[[ DATA PROVIDED, beginning ]]

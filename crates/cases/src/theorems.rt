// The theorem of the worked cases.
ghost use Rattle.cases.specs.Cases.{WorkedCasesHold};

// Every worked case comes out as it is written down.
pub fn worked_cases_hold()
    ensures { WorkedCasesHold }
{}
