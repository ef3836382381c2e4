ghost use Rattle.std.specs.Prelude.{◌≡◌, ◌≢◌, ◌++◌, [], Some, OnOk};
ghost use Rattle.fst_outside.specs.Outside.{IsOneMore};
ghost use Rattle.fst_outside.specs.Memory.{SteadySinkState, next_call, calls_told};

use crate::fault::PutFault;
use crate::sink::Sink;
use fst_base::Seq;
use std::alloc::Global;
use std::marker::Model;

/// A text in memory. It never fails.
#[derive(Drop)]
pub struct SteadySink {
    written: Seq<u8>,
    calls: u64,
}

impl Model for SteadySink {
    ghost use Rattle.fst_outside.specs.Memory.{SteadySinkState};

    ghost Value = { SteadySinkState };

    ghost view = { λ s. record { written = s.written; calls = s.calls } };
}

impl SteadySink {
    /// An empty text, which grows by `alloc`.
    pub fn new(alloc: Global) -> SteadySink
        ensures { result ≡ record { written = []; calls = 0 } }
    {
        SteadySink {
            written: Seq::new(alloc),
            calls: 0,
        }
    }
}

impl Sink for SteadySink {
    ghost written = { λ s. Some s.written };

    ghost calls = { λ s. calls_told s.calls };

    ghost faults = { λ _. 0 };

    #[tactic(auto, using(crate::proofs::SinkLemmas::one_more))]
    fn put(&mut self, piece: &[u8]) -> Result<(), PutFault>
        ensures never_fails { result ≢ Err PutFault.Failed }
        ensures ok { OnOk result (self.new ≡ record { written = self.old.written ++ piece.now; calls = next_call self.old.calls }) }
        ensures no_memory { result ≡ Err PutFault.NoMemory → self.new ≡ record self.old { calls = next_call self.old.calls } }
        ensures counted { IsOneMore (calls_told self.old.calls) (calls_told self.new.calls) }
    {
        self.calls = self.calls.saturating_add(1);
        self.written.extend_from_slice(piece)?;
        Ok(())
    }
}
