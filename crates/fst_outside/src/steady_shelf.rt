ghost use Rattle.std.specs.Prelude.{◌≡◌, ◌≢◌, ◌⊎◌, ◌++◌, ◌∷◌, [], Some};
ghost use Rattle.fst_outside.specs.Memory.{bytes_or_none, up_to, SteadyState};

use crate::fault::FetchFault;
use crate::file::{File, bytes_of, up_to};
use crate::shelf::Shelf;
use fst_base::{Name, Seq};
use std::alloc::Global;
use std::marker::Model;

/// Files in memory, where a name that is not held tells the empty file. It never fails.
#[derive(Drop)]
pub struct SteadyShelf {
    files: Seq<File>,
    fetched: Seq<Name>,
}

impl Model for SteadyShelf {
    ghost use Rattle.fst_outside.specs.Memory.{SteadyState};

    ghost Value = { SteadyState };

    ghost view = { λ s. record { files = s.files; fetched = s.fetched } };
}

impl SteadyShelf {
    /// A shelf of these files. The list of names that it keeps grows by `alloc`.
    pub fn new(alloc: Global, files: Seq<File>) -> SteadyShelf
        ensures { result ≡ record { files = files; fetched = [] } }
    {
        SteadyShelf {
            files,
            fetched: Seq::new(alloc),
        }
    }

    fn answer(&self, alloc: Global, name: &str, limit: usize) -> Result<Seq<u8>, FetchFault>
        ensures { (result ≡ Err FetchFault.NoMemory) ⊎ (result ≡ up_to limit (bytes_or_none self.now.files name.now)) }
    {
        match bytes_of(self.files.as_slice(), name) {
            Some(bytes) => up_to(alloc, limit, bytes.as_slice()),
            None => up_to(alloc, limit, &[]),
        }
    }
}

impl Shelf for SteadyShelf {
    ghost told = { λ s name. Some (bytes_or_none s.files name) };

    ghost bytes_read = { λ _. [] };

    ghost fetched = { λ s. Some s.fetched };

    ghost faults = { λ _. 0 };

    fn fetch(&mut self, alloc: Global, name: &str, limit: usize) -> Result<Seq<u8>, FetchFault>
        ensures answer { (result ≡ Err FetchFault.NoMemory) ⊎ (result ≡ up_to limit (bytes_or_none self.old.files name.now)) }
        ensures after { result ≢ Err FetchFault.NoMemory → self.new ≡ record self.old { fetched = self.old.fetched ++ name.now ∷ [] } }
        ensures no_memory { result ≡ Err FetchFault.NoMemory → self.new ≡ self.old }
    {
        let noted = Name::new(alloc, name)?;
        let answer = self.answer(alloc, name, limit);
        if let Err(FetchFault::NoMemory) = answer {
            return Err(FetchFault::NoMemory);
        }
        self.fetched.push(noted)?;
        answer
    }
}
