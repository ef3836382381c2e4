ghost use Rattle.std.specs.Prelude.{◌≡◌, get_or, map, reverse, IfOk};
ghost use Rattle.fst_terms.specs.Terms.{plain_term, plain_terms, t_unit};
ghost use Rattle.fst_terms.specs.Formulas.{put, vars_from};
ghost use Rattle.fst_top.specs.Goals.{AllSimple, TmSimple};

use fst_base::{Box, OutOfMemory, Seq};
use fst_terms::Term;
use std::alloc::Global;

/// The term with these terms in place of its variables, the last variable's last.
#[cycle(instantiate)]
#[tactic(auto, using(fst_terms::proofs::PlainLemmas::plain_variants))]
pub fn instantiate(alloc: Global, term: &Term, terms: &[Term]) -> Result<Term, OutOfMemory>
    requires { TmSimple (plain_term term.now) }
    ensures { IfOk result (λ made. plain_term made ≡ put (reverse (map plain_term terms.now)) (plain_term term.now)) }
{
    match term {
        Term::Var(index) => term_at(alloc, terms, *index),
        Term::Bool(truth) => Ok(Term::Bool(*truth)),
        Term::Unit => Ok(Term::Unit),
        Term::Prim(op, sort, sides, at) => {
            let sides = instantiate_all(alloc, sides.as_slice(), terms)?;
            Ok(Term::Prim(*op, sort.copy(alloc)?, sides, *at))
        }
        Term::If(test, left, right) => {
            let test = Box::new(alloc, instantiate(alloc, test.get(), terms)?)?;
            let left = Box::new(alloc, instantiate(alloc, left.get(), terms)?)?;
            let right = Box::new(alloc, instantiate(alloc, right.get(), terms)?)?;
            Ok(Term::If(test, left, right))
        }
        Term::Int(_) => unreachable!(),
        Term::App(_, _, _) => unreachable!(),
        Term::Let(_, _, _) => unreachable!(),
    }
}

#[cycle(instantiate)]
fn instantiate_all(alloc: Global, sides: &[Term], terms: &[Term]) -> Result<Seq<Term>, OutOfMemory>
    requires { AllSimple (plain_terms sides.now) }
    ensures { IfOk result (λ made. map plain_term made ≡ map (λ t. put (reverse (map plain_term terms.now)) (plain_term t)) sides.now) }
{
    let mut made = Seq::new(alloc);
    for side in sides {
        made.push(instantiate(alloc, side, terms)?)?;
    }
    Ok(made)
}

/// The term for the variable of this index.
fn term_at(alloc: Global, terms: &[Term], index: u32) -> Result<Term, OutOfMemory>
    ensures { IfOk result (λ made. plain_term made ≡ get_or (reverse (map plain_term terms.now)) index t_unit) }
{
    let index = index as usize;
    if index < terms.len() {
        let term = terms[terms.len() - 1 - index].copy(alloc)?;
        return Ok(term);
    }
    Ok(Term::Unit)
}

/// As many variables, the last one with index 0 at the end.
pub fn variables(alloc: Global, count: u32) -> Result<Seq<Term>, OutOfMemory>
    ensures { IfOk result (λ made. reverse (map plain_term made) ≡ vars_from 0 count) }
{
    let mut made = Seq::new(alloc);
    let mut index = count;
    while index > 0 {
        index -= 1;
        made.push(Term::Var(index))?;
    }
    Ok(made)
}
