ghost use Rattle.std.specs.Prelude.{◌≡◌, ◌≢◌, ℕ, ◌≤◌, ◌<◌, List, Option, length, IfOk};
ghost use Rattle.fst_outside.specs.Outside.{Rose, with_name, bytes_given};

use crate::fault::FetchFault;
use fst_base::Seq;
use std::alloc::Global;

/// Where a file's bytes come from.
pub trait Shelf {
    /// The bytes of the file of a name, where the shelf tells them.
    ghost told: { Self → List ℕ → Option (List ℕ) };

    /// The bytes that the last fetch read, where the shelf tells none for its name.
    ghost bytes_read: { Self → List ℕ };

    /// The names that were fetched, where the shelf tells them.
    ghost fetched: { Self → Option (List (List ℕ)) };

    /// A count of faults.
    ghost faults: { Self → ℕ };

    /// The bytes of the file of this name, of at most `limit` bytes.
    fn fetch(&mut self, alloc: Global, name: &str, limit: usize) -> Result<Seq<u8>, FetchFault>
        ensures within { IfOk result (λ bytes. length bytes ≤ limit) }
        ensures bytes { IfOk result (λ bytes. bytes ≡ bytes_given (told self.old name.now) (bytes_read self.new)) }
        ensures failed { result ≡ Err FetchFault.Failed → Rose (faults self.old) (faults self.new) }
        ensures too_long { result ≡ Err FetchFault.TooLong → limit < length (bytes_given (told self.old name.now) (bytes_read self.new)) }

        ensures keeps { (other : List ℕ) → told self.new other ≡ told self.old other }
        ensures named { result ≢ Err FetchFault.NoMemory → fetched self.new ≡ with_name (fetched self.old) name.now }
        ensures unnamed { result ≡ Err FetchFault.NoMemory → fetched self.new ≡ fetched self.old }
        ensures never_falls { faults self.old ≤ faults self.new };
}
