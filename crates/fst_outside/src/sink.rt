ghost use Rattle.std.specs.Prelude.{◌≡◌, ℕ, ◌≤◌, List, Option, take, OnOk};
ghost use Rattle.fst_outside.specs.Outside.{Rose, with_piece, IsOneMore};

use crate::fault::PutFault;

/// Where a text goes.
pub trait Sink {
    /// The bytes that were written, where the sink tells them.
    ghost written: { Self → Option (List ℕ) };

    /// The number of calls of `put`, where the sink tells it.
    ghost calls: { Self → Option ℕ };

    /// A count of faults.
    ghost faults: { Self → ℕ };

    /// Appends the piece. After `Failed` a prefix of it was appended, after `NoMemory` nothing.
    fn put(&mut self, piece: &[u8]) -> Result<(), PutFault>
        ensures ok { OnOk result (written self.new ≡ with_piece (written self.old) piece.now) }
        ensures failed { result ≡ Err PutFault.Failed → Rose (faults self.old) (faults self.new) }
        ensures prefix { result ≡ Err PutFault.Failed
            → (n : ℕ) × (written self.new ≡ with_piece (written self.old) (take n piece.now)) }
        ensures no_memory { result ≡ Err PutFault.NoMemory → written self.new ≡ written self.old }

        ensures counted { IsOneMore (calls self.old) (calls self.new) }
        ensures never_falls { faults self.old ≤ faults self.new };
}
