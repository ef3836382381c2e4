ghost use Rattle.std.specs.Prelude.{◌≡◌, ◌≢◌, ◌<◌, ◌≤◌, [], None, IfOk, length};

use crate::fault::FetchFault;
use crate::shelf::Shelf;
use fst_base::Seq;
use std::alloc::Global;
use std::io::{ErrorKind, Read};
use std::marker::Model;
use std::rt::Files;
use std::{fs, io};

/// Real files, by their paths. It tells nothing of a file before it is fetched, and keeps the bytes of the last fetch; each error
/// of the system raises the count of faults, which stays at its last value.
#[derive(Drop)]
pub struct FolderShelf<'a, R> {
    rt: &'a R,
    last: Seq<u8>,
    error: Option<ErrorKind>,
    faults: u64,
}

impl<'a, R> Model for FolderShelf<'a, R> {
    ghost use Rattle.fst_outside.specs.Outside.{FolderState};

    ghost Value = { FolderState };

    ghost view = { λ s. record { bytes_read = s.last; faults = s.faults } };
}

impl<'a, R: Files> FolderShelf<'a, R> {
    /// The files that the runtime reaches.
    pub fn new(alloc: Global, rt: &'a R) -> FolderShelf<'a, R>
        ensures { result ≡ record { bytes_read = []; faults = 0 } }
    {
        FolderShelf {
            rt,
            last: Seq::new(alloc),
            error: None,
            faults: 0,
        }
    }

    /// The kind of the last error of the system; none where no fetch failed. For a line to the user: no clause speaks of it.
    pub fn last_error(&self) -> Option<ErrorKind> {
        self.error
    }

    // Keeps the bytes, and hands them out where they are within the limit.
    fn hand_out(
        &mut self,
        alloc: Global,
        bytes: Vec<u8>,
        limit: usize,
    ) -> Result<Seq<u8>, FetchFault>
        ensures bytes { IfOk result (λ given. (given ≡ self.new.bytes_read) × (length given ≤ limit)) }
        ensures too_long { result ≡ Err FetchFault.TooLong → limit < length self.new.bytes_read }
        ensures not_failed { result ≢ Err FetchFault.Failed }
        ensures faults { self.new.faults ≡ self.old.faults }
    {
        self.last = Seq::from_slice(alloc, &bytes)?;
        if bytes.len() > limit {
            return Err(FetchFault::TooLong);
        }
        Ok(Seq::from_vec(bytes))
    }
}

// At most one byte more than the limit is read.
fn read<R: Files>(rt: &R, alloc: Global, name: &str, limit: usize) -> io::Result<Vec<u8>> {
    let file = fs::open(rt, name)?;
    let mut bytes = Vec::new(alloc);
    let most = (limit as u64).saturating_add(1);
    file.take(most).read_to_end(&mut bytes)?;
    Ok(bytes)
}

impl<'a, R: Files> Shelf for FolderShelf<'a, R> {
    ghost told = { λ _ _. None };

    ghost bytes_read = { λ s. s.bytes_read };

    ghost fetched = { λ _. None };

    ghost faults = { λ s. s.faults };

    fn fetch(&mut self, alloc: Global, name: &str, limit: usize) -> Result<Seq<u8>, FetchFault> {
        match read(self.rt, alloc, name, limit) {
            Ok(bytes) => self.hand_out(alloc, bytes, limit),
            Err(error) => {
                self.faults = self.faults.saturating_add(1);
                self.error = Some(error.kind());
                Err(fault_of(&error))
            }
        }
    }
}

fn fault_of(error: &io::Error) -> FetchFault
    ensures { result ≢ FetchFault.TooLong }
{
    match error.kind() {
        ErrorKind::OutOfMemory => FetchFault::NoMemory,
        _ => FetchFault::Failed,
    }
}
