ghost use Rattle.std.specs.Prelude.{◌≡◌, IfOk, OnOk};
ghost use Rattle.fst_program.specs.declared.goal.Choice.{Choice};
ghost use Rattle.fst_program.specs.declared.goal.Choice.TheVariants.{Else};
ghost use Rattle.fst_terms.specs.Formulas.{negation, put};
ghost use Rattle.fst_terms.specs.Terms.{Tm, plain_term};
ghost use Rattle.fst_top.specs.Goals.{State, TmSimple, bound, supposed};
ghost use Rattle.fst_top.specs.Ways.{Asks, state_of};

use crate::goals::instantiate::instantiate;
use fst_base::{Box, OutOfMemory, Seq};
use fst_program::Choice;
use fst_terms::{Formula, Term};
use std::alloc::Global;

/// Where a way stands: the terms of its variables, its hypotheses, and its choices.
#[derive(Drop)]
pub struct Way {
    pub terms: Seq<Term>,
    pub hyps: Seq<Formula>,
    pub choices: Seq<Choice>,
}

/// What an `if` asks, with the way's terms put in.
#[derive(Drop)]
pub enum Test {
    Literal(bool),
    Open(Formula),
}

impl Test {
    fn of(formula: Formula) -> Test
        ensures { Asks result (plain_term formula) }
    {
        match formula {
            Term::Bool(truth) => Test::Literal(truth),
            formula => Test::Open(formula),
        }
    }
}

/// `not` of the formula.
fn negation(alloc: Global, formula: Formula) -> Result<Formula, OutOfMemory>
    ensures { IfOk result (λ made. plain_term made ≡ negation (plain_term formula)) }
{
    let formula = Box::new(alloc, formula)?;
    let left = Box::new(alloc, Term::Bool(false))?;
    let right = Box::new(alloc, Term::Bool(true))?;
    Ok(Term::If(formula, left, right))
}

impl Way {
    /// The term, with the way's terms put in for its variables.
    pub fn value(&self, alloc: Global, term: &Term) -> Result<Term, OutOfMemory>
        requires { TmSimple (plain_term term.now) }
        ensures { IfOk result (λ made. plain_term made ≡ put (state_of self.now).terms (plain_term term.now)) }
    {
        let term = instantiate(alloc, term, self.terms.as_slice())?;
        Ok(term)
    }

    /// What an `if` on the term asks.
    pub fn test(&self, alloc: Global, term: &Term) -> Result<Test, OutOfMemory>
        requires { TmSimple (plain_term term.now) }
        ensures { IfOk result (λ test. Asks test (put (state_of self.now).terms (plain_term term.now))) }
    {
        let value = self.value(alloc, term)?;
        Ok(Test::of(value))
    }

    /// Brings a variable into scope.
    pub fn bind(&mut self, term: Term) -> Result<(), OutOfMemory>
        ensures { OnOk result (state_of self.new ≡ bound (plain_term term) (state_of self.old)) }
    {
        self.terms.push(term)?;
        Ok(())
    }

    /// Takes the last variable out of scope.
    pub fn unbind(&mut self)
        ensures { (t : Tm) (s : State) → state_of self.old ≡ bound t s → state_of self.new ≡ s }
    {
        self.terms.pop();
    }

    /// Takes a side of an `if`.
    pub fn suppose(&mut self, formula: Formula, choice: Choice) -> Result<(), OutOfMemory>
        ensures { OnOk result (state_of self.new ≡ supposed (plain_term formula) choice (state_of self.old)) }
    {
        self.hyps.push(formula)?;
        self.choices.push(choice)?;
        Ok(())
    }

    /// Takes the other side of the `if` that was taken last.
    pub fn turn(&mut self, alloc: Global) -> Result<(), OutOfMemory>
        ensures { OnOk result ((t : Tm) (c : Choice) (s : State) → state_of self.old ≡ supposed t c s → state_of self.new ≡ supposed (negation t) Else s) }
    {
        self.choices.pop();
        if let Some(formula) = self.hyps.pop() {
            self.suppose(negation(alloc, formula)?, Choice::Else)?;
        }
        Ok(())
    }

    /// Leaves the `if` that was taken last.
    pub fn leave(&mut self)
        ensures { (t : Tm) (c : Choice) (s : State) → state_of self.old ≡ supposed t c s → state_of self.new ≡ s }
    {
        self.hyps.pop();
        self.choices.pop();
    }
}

[[ DATA PROVIDED, end ]]

- **PROBLEM**: Return, unchanged, the run of lines above that opens with the line containing "Err FetchFault.Failed →" and closes with the line containing "< length (bytes_given". Include both.

- **COMPLETED EXERCISE**:
        ensures failed { result ≡ Err FetchFault.Failed → Rose (faults self.old) (faults self.new) }
        ensures too_long { result ≡ Err FetchFault.TooLong → limit < length (bytes_given (told self.old name.now) (bytes_read self.new)) }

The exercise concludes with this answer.